** Opening Data for this exercise block **

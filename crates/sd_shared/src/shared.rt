//! A core and its disk, shared by threads.
ghost use Rattle.std.specs.Prelude.{◌≡◌, ◌≤◌, reverse, IfOk, IfErr};
ghost use Rattle.sd_crash_safety.specs.View.{CoreView, history_of};
ghost use Rattle.sd_disk.specs.Reads.{OnlyReads};
ghost use Rattle.sd_journal.specs.Receipts.{Accounts, IsFault};
ghost use Rattle.sd_world.specs.Opens.{HasNoFrame, IsFaultOf};
ghost use Rattle.sd_world.specs.Starting.{IsUnstarted};
ghost use Rattle.sd_shared.specs.Told.{seats_from_0};

use crate::booked::Booked;
use crate::seat::Seat;
use sd_core::Core;
use sd_disk::Disk;
use sd_journal::{CloseFault, Receipt};
use sd_settling::settle;
use sd_world::{OpenError, OpenFault, StartError, StartFault, World};
use std::alloc::{AllocError, Global};
use std::sync::{Condvar, Mutex};

/// A core behind one lock and its disk behind another. No thread holds both.
#[derive(Drop)]
pub struct Shared<D: Drop> {
    pub(crate) alloc: Global,
    pub(crate) core: Mutex<Booked>,
    pub(crate) disk: Mutex<D>,
    pub(crate) thawed: Condvar,
}

/// So many seats, numbered from 0.
fn seats_of(alloc: Global, count: usize) -> Result<Vec<Seat>, AllocError>
    ensures { IfOk result (λ seats. seats.items ≡ seats_from_0 count) }
{
    let mut seats = Vec::with_capacity(alloc, count)?;
    for number in 0..count {
        seats.push(Seat { number, turns: 0 })?;
    }
    Ok(seats)
}

/// A law: a disk that no call was made of was only read.
fn is_only_read<D: Disk>(disk: &D)
    ensures { OnlyReads D.Disk disk.now disk.now }
{}

impl<D: Disk + Drop> Shared<D> {
    /// Opens a store, as `World::open`, over so many frames, 1 to 65,536, and for so many seats, at most 1,000 for
    /// `close` to be quick; they are numbered from 0 in the order of the list, and each is moved to its thread. The
    /// core's store isn't open yet: call [`Shared::run_opener`] before a checkpoint or a merge, or [`Shared::start`] in
    /// the place of both.
    ///
    /// # Errors
    ///
    /// As `World::open`; `OutOfMemory` also where there is no room for the seats.
    pub fn open(
        alloc: Global,
        disk: D,
        frames: usize,
        seats: usize,
    ) -> Result<(Shared<D>, Vec<Seat>), OpenError<D>>
        requires least { 1 ≤ frames }
        requires greatest { frames ≤ 65536 }
        ensures seats { IfOk result (λ opened. opened.1.items ≡ seats_from_0 seats) }
        ensures refused { IfErr result (λ error. OnlyReads D.Disk disk error.disk) }
        ensures fault { IfErr result (λ error. D.is_honest error.disk
            → IsFaultOf (D.contents disk) (D.failed disk) (D.failed error.disk) error.fault) }
        ensures no_frame { IfErr result (λ error. D.is_honest error.disk
            → error.fault ≡ OpenFault.NoFrame → HasNoFrame (D.contents disk) frames) }
    {
        let Ok(seats) = seats_of(alloc, seats) else {
            is_only_read(&disk);
            return Err(OpenError {
                fault: OpenFault::OutOfMemory,
                disk,
            });
        };
        let world = World::open(alloc, disk, frames)?;
        Ok((Shared::over(alloc, world), seats))
    }

    /// Opens a store and opens it again, to its end, as `World::start`, over so many frames and for so many seats, as
    /// [`Shared::open`]. Commands, checkpoints and merges are next, and [`Shared::close`] at the end.
    ///
    /// # Errors
    ///
    /// As `World::start`, each with the disk: `Unopened` where it was only read, with `OutOfMemory` also where there is
    /// no room for the seats; `Refused` where its opening again was refused.
    pub fn start(
        alloc: Global,
        disk: D,
        frames: usize,
        seats: usize,
    ) -> Result<(Shared<D>, Vec<Seat>), StartError<D>>
        requires least { 1 ≤ frames }
        requires greatest { frames ≤ 65536 }
        ensures seats { IfOk result (λ started. started.1.items ≡ seats_from_0 seats) }
        ensures fault { IfErr result (λ error. IsUnstarted D.Disk disk frames error.fault error.disk) }
    {
        let Ok(seats) = seats_of(alloc, seats) else {
            is_only_read(&disk);
            return Err(StartError {
                fault: StartFault::Unopened(OpenFault::OutOfMemory),
                disk,
            });
        };
        let world = World::start(alloc, disk, frames)?;
        Ok((Shared::over(alloc, world), seats))
    }

    /// The core and the disk of a world, behind a lock each.
    fn over(alloc: Global, world: World<D>) -> Shared<D> {
        let (core, disk) = world.into_parts();
        Shared {
            alloc,
            core: Mutex::new(Booked::new(core)),
            disk: Mutex::new(disk),
            thawed: Condvar::new(),
        }
    }

    /// Gives the core and the disk back where the journal accounts for the receipts and the acknowledged numbers.
    ///
    /// # Errors
    ///
    /// The first fault, as `check_receipts`.
    pub fn close(self, receipts: &[Receipt], acks: &[u64]) -> Result<(Core, D), CloseFault>
        ensures accounts { IfOk result (λ parts. Accounts parts.0.base.folded (reverse (history_of parts.0))
            receipts.now acks.now) }
        // The fault is that of the core which was behind the lock.
        ensures fault { IfErr result (λ fault. (core : CoreView)
            × IsFault core.base.folded (reverse (history_of core)) receipts.now acks.now fault) }
    {
        let Shared { core, disk, .. } = self;
        settle(
            core.into_inner().into_core(),
            disk.into_inner(),
            receipts,
            acks,
        )
    }

    /// Drops the core and the disk. What was acknowledged is on the disk; a checkpoint that runs is given up, as by a
    /// crash. [`Shared::close`] gives both back instead, where the journal accounts for what was said.
    pub fn discard(self) {
        let Shared { core, .. } = self;
        core.into_inner().into_core().discard();
    }
}
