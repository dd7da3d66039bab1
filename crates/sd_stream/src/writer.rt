//! A stream, written.
ghost use Rattle.std.specs.Prelude.{◌≡◌, ◌+◌, ℕ, List, Option, length, true, false};
ghost use Rattle.std.specs.Prelude.{IfErr, IfOk, IsTrue, OnErr, OnOk};
ghost use Rattle.std.specs.Io.KnownBytes.{Appends, Keeps};
ghost use Rattle.sd_stream.specs.Stream.{IsStream, record_text, stream_text};
ghost use Rattle.sd_stream.specs.Progress.{Progress, started, with_acknowledged, with_bytes, with_image};
ghost use Rattle.sd_stream.specs.Pieces.{WritesBeginning};
ghost use Rattle.sd_stream.specs.Writing.{HasNumber, HasWritten, IsOutput, IsUnready, LacksNumber, OnRefusal};
ghost use Rattle.sd_stream.specs.Writing.{RefusesBase, RefusesBytes, RefusesEnd, RefusesFlush, RefusesImage};
ghost use Rattle.sd_stream.specs.Writing.{RefusesNumber};

use crate::base::Base;
use crate::pieces::write_piece;
use crate::records::{ACKNOWLEDGED, END, IMAGE, head_bytes, is_file_length, record_bytes};
use crate::tally::Tally;
use crate::write_error::WriteError;
use std::io::Write;

/// Writes a stream. Calls that are out of order are refused, and write nothing.
#[derive(Drop)]
pub struct StreamWriter<W> {
    out: W,
    tally: Tally,
    /// Whether the output failed.
    failed: bool,
}

/// Whether a base has the number 0.
fn lacks_number(base: &Option<Base>) -> bool
    ensures yes { IsTrue result → LacksNumber base.now }
    ensures no { result ≡ false → HasNumber base.now }
{
    match base {
        Some(base) => base.number == 0,
        None => false,
    }
}

impl<W: Write> StreamWriter<W> {
    /// Writes the head of a stream, whose images continue this checkpoint, or none.
    ///
    /// # Errors
    ///
    /// `BaseWithoutNumber` where the base's number is 0; `Output`.
    pub fn begin(out: W, base: Option<Base>) -> Result<Self, WriteError>
    where
        W: Drop,
        ensures begun { IfOk result
            (λ writer. HasWritten W.contents (W.contents out) (started base) writer) }
        ensures refused { IfErr result (RefusesBase base) }
    {
        if lacks_number(&base) {
            return Err(WriteError::BaseWithoutNumber);
        }
        let mut writer = StreamWriter {
            out,
            tally: Tally::new(&base),
            failed: false,
        };
        writer.put(&head_bytes(&base))?;
        Ok(writer)
    }

    /// Writes a piece of the stream.
    fn put(&mut self, piece: &[u8]) -> Result<(), WriteError>
        ensures bytes { OnOk result
            (Appends (W.contents self.old.out) (W.contents self.new.out) piece.now) }
        ensures begins { WritesBeginning (W.contents self.old.out) (W.contents self.new.out)
            piece.now }
        ensures tally { self.new.tally ≡ self.old.tally }
        ensures ok { OnOk result (self.new.failed ≡ self.old.failed) }
        ensures failed { OnErr result (self.new.failed ≡ true) }
        ensures output { IfErr result IsOutput }
    {
        match write_piece(&mut self.out, piece) {
            Ok(()) => Ok(()),
            Err(error) => {
                self.failed = true;
                Err(WriteError::Output(error))
            }
        }
    }

    /// Whether the output failed, or bytes of an image are left.
    fn check(&self) -> Result<(), WriteError>
        ensures ok { OnOk result ((self.now.failed ≡ false) × (self.now.tally.left ≡ 0)) }
        ensures err { IfErr result (IsUnready self.now.failed self.now.tally) }
    {
        if self.failed {
            return Err(WriteError::Failed);
        }
        if self.tally.left > 0 {
            return Err(WriteError::BytesLeft);
        }
        Ok(())
    }

    /// Writes the head of an image of so many bytes, which `bytes` writes then.
    ///
    /// # Errors
    ///
    /// `Length` where the image has no bytes or more than `MAX_FILE_LEN`; `BytesLeft` where bytes of the image before
    /// are left; `Output`, and after it `Failed`.
    pub fn image(&mut self, len: u64) -> Result<(), WriteError>
        ensures written { OnOk result ((before : Option (List ℕ)) (p : Progress)
            → HasWritten W.contents before p self.old
            → HasWritten W.contents before (with_image p) self.new) }
        ensures begins { WritesBeginning (W.contents self.old.out) (W.contents self.new.out)
            (record_text 1 len) }
        ensures left { OnOk result (self.new.tally.left ≡ len) }
        ensures refused { IfErr result (OnRefusal self.old self.new
            (RefusesImage self.old.failed self.old.tally len)) }
    {
        self.check()?;
        if !is_file_length(len) {
            return Err(WriteError::Length(len));
        }
        self.put(&record_bytes(IMAGE, len))?;
        self.tally.image(len);
        Ok(())
    }

    /// Writes the next bytes of the image.
    ///
    /// # Errors
    ///
    /// `TooManyBytes` where the image hasn't so many left; `Output`, and after it `Failed`.
    pub fn bytes(&mut self, bytes: &[u8]) -> Result<(), WriteError>
        ensures written { OnOk result ((before : Option (List ℕ)) (p : Progress)
            → HasWritten W.contents before p self.old
            → HasWritten W.contents before (with_bytes p bytes.now) self.new) }
        ensures begins { WritesBeginning (W.contents self.old.out) (W.contents self.new.out)
            bytes.now }
        ensures left { OnOk result (self.new.tally.left + length bytes.now ≡ self.old.tally.left) }
        ensures refused { IfErr result (OnRefusal self.old self.new
            (RefusesBytes self.old.failed self.old.tally (length bytes.now))) }
    {
        if self.failed {
            return Err(WriteError::Failed);
        }
        if bytes.len() as u64 > self.tally.left {
            return Err(WriteError::TooManyBytes);
        }
        self.put(bytes)?;
        self.tally.bytes(bytes);
        Ok(())
    }

    /// Writes that the images since the last of these make the checkpoint of this number.
    ///
    /// # Errors
    ///
    /// `WithoutImages` where there is none; `NotAbove` where the number isn't above the one before, or the base's;
    /// `BytesLeft` where bytes of an image are left; `Output`, and after it `Failed`.
    pub fn acknowledged(&mut self, number: u64) -> Result<(), WriteError>
        ensures written { OnOk result ((before : Option (List ℕ)) (p : Progress)
            → HasWritten W.contents before p self.old
            → HasWritten W.contents before (with_acknowledged p number) self.new) }
        ensures begins { WritesBeginning (W.contents self.old.out) (W.contents self.new.out)
            (record_text 2 number) }
        ensures refused { IfErr result (OnRefusal self.old self.new
            (RefusesNumber self.old.failed self.old.tally number)) }
    {
        self.check()?;
        if !self.tally.waiting {
            return Err(WriteError::WithoutImages(number));
        }
        if number <= self.tally.last {
            return Err(WriteError::NotAbove(number));
        }
        self.put(&record_bytes(ACKNOWLEDGED, number))?;
        self.tally.acknowledged(number);
        Ok(())
    }

    /// Writes the end of the stream, flushes, and gives the output back.
    ///
    /// # Errors
    ///
    /// `ImagesLeft` where images came that no checkpoint's number followed; `BytesLeft` where bytes of an image are
    /// left; `Output`, or after an earlier one `Failed`.
    pub fn end(mut self) -> Result<W, WriteError>
    where
        W: Drop,
        ensures stream { IfOk result (λ out. (before : Option (List ℕ)) (p : Progress)
            → HasWritten W.contents before p self
            → Appends before (W.contents out) (stream_text p.base p.groups)
            × IsStream p.base p.groups) }
        ensures refused { IfErr result (RefusesEnd self.failed self.tally) }
    {
        self.check()?;
        if self.tally.waiting {
            return Err(WriteError::ImagesLeft);
        }
        self.put(&record_bytes(END, 0))?;
        let digest = self.tally.digest();
        self.put(&digest)?;
        self.flush()?;
        Ok(self.out)
    }

    /// Writes what the output still holds.
    ///
    /// # Errors
    ///
    /// `Output`, and after it `Failed`.
    pub fn flush(&mut self) -> Result<(), WriteError>
        ensures bytes { Keeps (W.contents self.old.out) (W.contents self.new.out) }
        ensures tally { self.new.tally ≡ self.old.tally }
        ensures ok { OnOk result (self.new.failed ≡ self.old.failed) }
        ensures refused { IfErr result (OnRefusal self.old self.new
            (RefusesFlush self.old.failed)) }
    {
        if self.failed {
            return Err(WriteError::Failed);
        }
        match self.out.flush() {
            Ok(()) => Ok(()),
            Err(error) => {
                self.failed = true;
                Err(WriteError::Output(error))
            }
        }
    }
}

** Closing Data for this exercise block **

▶ Exercise objective
Return all lines in the data that include the word "behind".

▶ Output of the task
/// A core behind one lock and its disk behind another. No thread holds both.
    /// The core and the disk of a world, behind a lock each.
        // The fault is that of the core which was behind the lock.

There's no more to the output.